# NBD: Musicman Bongo 6HH - Firemist Purple



## Radau (Aug 5, 2017)

Ordered this back in January, and it came in yesterday. It plays beautifully and the colour is absolutely amazing! It's so hard to photograph.


----------



## beerandbeards (Aug 5, 2017)

I love the color. Congrats dude!

I'm still waiting on my Monarchy Majesty I preordered in December. I'm glad they getting the new products out


----------



## lewis (Aug 5, 2017)

i love the all black ebony version but that purple is smoking op. She is a beaut


----------



## AkiraSpectrum (Aug 5, 2017)

loving that purple.


----------



## Radau (Aug 5, 2017)

Thanks dudes! Here's the dream team


----------



## M3CHK1LLA (Aug 6, 2017)

congrats...looks great.

when i first read the thread title, i thought it said "feminist purple"


----------



## r33per (Aug 6, 2017)

M3CHK1LLA said:


> congrats...looks great.
> 
> when i first read the thread title, i thought it said "feminist purple"



+1 - on both statements!!


----------



## HighGain510 (Aug 16, 2017)

I keep wishing they had offered your exact bass with an ebony board, everything else is perfect on that thing!
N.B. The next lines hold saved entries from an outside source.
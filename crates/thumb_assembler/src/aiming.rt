//! Sets the distances of branches and literal loads, which a listing gives as names.
ghost use Rattle.std.specs.Prelude.{◌≡◌, ◌+◌, ◌*◌, ◌%◌, ◌<◌, ◌≤◌, ◌^◌, Some, None};
ghost use Rattle.thumb_model.specs.Layout.{aim_fault, branch_fault, distance as distance_of, literal_base, literal_fault};
ghost use Rattle.thumb_assembler.specs.Bytes.{Aims};
ghost use Rattle.thumb_instr.specs.Items.{bytes_of};

use thumb_instr::{Byte, Distance, Instr};

/// The distance of a literal in words, from the instruction's address + 4, rounded down to a multiple of 4.
fn words_to(at: u32, to: u32) -> Byte
    requires reached { literal_fault at (Some to) 0 ≡ None }
    requires in_code { at ≤ 2 ^ 29 }
    ensures { to ≡ literal_base at + 4 * result.number }
{
    Byte::of((to - (at + 4) / 4 * 4) / 4)
}

/// The distance of a branch from its address + 4 to its target, which its encoding can reach.
fn distance_to<const HALF: u32>(at: u32, to: u32) -> Distance<HALF>
    requires reached { branch_fault HALF at (Some to) ≡ None }
    requires at_even { at % 2 ≡ 0 }
    requires to_even { to % 2 ≡ 0 }
    requires in_code { at ≤ 2 ^ 29 }
    requires half { HALF ≤ 2 ^ 23 }
    ensures { distance_of at to ≡ bytes_of HALF result.field }
{
    match Distance::new(to as i32 - (at as i32 + 4)) {
        Some(distance) => distance,
        None => unreachable!(),
    }
}

/// The instruction at an address with its distance to what it mentions, which must be in reach. An instruction without a distance stays as it is.
pub(crate) fn aimed(instr: &Instr, at: u32, to: u32) -> Instr
    requires reached { aim_fault at instr.now (Some to) 0 ≡ None }
    requires at_even { at % 2 ≡ 0 }
    requires to_even { to % 2 ≡ 0 }
    requires in_code { at ≤ 2 ^ 29 }
    ensures { Aims at to instr.now result }
{
    match *instr {
        Instr::Literal { target, .. } => Instr::Literal {
            target,
            distance: words_to(at, to),
        },
        Instr::Address { target, .. } => Instr::Address {
            target,
            distance: words_to(at, to),
        },
        Instr::BranchIf { condition, .. } => Instr::BranchIf {
            condition,
            distance: distance_to(at, to),
        },
        Instr::Branch { .. } => Instr::Branch {
            distance: distance_to(at, to),
        },
        Instr::Call { .. } => Instr::Call {
            distance: distance_to(at, to),
        },
        other => other,
    }
}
DO WANT!


----------



## Radau (Aug 19, 2017)

HighGain510 said:


> I keep wishing they had offered your exact bass with an ebony board, everything else is perfect on that thing! DO WANT!


Ever since I bought the Stealth Black one like 6 years ago I've kept saying "If they make a purple one with an ebony board and black hardware it's totally mine" and with this I figured 2/3 ain't bad haha.


----------



## auntyethel (Aug 24, 2017)

That purple is amazing


----------